Skyroam.id, Jakarta – Badan Usaha Milik Negara (BUMN) memainkan peran strategis dalam percepatan pengembangan energi terbarukan di Indonesia. Seiring meningkatnya kebutuhan energi ramah lingkungan dan komitmen pemerintah dalam menekan emisi karbon, kontribusi BUMN menjadi semakin vital dalam mendukung transisi energi nasional.
Salah satu perusahaan yang berada di garis depan adalah PT PLN (Persero). PLN активно mengembangkan berbagai proyek energi bersih seperti pembangkit listrik tenaga surya (PLTS), tenaga air (PLTA), hingga panas bumi (geothermal). Langkah ini sejalan dengan target pemerintah untuk mencapai net zero emission pada tahun 2060.
Selain PLN, PT Pertamina (Persero) juga berperan besar dalam transformasi energi. Pertamina mulai mengembangkan bisnis energi baru dan terbarukan melalui anak usahanya, termasuk pengembangan biofuel, hidrogen, dan panas bumi. Inovasi ini menjadi bagian dari strategi diversifikasi energi sekaligus mengurangi ketergantungan pada bahan bakar fosil.

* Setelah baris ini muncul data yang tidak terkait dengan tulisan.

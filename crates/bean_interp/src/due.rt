//! The number that is due where a sum of weights isn't 0.
ghost use Rattle.std.specs.Prelude.{◌≡◌, ◌*ℤ◌, ◌<◌, ◌≤◌, ◌^◌, ℤ, pos, IfSome, MatchOption};
ghost use Rattle.std.specs.Int.RustNames.{unsigned_abs};
ghost use Rattle.bean_interp.specs.Due as spec;
ghost use Rattle.bean_interp.specs.Due.{GivesAt, GivesDue};

use crate::weight::TooWide;
use bean_base::Num;

/// Counts of `10^-16` in one of `10^-8`.
const UNIT: u128 = 100_000_000;

/// The count of `10^-8` that a count of `10^-16` is, where it is one.
fn in_8(count: i128) -> Option<i128>
    requires { unsigned_abs count < 10 ^ 38 }
    ensures { MatchOption result ((z : ℤ) → ¬ (z *ℤ pos (10 ^ 8) ≡ count))
        (λ z. z *ℤ pos (10 ^ 8) ≡ count) }
{
    let magnitude = count.unsigned_abs();
    if magnitude % UNIT != 0 {
        return None;
    }
    let quotient = (magnitude / UNIT) as i128;
    Some(if count < 0 { -quotient } else { quotient })
}

/// The number of exactly so many counts of `10^-16`.
fn exact(count: i128) -> Result<Num, TooWide>
    requires { unsigned_abs count < 10 ^ 38 }
    ensures { GivesAt 8 count result }
{
    let Some(count) = in_8(count) else {
        return Err(TooWide);
    };
    match Num::new(count, 8) {
        Ok(number) => Ok(number),
        Err(_) => Err(TooWide),
    }
}

/// The number of a count of `10^-16`, rounded to so many decimals.
fn rounded(count: i128, decimals: u8) -> Result<Num, TooWide>
    requires { decimals ≤ 8 }
    ensures { GivesAt decimals (spec.rounded_at decimals count) result }
{
    match Num::round_to(count, decimals) {
        Ok(number) => Ok(number),
        Err(_) => Err(TooWide),
    }
}

/// Minus the residual: rounded to the decimals of its currency, exact where it has none.
pub(crate) fn number_due(precision: Option<u8>, residual: i128) -> Result<Num, TooWide>
    requires few { IfSome precision (λ d. d ≤ 8) }
    requires bound { unsigned_abs residual < 10 ^ 38 }
    ensures { GivesDue precision residual result }
{
    match precision {
        Some(decimals) => rounded(-residual, decimals),
        None => exact(-residual),
    }
}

Tidak hanya itu, PT Indonesia Power dan PT Pembangkit Jawa-Bali (PJB) juga aktif dalam pembangunan pembangkit berbasis energi terbarukan. Kedua perusahaan ini fokus pada efisiensi energi serta peningkatan kapasitas pembangkit ramah lingkungan di berbagai wilayah Indonesia.
Pemerintah melalui Kementerian BUMN terus mendorong BUMN untuk berinovasi dan berinvestasi dalam sektor energi hijau. Dukungan regulasi dan kebijakan menjadi faktor penting dalam mempercepat realisasi proyek-proyek energi terbarukan, termasuk insentif investasi dan kemudahan perizinan.
Pengamat energi menilai bahwa peran BUMN sangat krusial dalam membangun ekosistem energi berkelanjutan. Selain memiliki kapasitas finansial yang besar, BUMN juga memiliki akses terhadap teknologi dan jaringan yang luas, sehingga mampu menjadi motor penggerak dalam transisi energi.
Namun demikian, tantangan tetap ada, mulai dari kebutuhan investasi yang besar, keterbatasan infrastruktur, hingga kesiapan teknologi. Oleh karena itu, kolaborasi antara BUMN, swasta, dan investor global menjadi kunci dalam mempercepat pengembangan energi terbarukan di Indonesia.
Dengan komitmen yang kuat dari berbagai pihak, BUMN diharapkan dapat terus menjadi garda terdepan dalam mendukung energi terbarukan, sekaligus mendorong Indonesia menuju masa depan energi yang lebih bersih, berkelanjutan, dan mandiri.